Brief: Show every line below where "specs" appears.

Dataset extract: Begin

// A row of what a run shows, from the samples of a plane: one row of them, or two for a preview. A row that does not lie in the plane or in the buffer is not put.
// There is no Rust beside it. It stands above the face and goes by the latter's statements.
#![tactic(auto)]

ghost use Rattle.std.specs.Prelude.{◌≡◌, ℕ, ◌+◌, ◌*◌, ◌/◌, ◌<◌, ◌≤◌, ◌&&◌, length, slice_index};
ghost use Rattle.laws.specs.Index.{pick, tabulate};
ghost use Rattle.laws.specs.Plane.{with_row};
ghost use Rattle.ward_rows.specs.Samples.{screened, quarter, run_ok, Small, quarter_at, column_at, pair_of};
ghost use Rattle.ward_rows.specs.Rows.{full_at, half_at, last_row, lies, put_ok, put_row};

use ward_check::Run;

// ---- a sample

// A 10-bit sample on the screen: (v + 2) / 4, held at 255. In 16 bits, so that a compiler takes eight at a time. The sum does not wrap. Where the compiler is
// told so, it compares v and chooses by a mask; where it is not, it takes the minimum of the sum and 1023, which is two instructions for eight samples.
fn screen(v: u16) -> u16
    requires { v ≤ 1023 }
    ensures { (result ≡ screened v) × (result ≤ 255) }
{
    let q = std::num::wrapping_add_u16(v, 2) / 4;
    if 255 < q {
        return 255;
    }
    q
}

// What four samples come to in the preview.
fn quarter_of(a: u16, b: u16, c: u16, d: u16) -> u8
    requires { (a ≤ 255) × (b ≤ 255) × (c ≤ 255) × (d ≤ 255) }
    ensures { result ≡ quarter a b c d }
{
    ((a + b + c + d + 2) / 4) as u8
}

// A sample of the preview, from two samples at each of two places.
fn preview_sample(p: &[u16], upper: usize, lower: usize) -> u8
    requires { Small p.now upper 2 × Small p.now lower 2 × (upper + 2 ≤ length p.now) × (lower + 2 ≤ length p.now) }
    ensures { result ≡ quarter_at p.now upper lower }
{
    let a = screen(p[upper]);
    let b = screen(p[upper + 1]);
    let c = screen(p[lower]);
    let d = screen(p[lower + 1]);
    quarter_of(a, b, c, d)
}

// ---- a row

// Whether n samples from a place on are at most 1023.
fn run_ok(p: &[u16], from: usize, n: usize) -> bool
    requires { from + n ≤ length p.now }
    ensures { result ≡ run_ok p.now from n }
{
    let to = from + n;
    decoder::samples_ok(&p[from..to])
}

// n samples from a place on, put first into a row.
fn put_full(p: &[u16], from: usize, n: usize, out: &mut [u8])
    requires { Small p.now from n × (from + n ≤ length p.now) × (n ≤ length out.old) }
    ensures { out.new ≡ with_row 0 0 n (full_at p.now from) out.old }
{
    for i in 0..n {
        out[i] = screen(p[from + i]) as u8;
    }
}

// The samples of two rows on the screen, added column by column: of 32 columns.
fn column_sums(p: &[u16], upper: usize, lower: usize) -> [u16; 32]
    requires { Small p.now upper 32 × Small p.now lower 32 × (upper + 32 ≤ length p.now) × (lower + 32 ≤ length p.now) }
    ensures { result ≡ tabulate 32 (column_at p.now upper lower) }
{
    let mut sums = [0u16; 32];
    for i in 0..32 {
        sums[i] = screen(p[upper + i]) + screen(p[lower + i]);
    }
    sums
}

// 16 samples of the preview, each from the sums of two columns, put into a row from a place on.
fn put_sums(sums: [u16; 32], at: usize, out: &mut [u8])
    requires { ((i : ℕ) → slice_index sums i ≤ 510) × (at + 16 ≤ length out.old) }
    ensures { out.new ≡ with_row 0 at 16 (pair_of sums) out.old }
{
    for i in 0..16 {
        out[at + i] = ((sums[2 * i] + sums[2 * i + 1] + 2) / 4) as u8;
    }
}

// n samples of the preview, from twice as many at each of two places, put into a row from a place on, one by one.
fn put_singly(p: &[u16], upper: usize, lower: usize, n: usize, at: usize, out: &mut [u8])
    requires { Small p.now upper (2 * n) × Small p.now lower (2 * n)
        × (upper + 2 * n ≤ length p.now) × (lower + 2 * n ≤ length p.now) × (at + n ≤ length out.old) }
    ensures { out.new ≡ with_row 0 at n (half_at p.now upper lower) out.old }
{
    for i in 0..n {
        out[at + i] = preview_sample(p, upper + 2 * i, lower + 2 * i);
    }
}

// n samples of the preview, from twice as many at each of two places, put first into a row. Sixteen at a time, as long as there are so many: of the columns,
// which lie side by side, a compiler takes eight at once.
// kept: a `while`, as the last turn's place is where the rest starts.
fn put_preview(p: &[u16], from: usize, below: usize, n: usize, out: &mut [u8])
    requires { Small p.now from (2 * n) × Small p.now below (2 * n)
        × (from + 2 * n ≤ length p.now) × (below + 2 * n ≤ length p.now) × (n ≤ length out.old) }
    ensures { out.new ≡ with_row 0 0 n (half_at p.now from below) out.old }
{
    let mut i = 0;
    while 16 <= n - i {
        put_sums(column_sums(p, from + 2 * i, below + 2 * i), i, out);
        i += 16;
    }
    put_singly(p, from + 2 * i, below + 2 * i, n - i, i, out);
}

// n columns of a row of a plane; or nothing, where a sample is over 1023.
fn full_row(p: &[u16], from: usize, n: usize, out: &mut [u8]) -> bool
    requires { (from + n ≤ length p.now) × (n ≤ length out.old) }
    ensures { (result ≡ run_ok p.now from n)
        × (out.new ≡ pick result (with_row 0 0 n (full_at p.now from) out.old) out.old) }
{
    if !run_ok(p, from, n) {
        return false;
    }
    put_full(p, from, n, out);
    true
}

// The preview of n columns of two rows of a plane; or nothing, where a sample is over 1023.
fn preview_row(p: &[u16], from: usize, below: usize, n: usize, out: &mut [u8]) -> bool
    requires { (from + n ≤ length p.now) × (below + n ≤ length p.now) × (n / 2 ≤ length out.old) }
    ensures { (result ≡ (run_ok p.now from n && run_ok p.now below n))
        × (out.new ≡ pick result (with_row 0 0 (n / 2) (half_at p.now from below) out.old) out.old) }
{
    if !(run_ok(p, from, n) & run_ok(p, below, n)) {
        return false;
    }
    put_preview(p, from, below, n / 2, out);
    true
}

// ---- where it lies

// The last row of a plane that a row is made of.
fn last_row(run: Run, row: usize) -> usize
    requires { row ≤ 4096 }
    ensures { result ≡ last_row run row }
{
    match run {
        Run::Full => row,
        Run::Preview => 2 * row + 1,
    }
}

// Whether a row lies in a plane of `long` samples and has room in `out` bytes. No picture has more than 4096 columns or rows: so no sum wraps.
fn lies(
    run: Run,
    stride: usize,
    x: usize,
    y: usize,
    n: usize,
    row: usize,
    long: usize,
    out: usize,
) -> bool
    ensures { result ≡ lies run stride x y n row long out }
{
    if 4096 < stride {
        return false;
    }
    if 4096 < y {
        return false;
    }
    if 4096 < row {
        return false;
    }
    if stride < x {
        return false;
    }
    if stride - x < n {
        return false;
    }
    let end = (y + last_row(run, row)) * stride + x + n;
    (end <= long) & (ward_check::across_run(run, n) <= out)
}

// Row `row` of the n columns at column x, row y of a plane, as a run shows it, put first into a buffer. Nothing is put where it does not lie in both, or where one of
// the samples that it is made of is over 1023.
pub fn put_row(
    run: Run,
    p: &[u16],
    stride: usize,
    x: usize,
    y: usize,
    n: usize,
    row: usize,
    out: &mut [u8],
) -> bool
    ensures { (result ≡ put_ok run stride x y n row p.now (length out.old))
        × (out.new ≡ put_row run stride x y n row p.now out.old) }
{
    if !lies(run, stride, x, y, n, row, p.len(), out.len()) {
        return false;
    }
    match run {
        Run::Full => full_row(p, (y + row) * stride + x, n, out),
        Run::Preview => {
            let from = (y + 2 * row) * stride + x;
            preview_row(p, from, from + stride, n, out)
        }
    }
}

Dataset extract: End

Answer box:
ghost use Rattle.std.specs.Prelude.{◌≡◌, ℕ, ◌+◌, ◌*◌, ◌/◌, ◌<◌, ◌≤◌, ◌&&◌, length, slice_index};
ghost use Rattle.laws.specs.Index.{pick, tabulate};
ghost use Rattle.laws.specs.Plane.{with_row};
ghost use Rattle.ward_rows.specs.Samples.{screened, quarter, run_ok, Small, quarter_at, column_at, pair_of};
ghost use Rattle.ward_rows.specs.Rows.{full_at, half_at, last_row, lies, put_ok, put_row};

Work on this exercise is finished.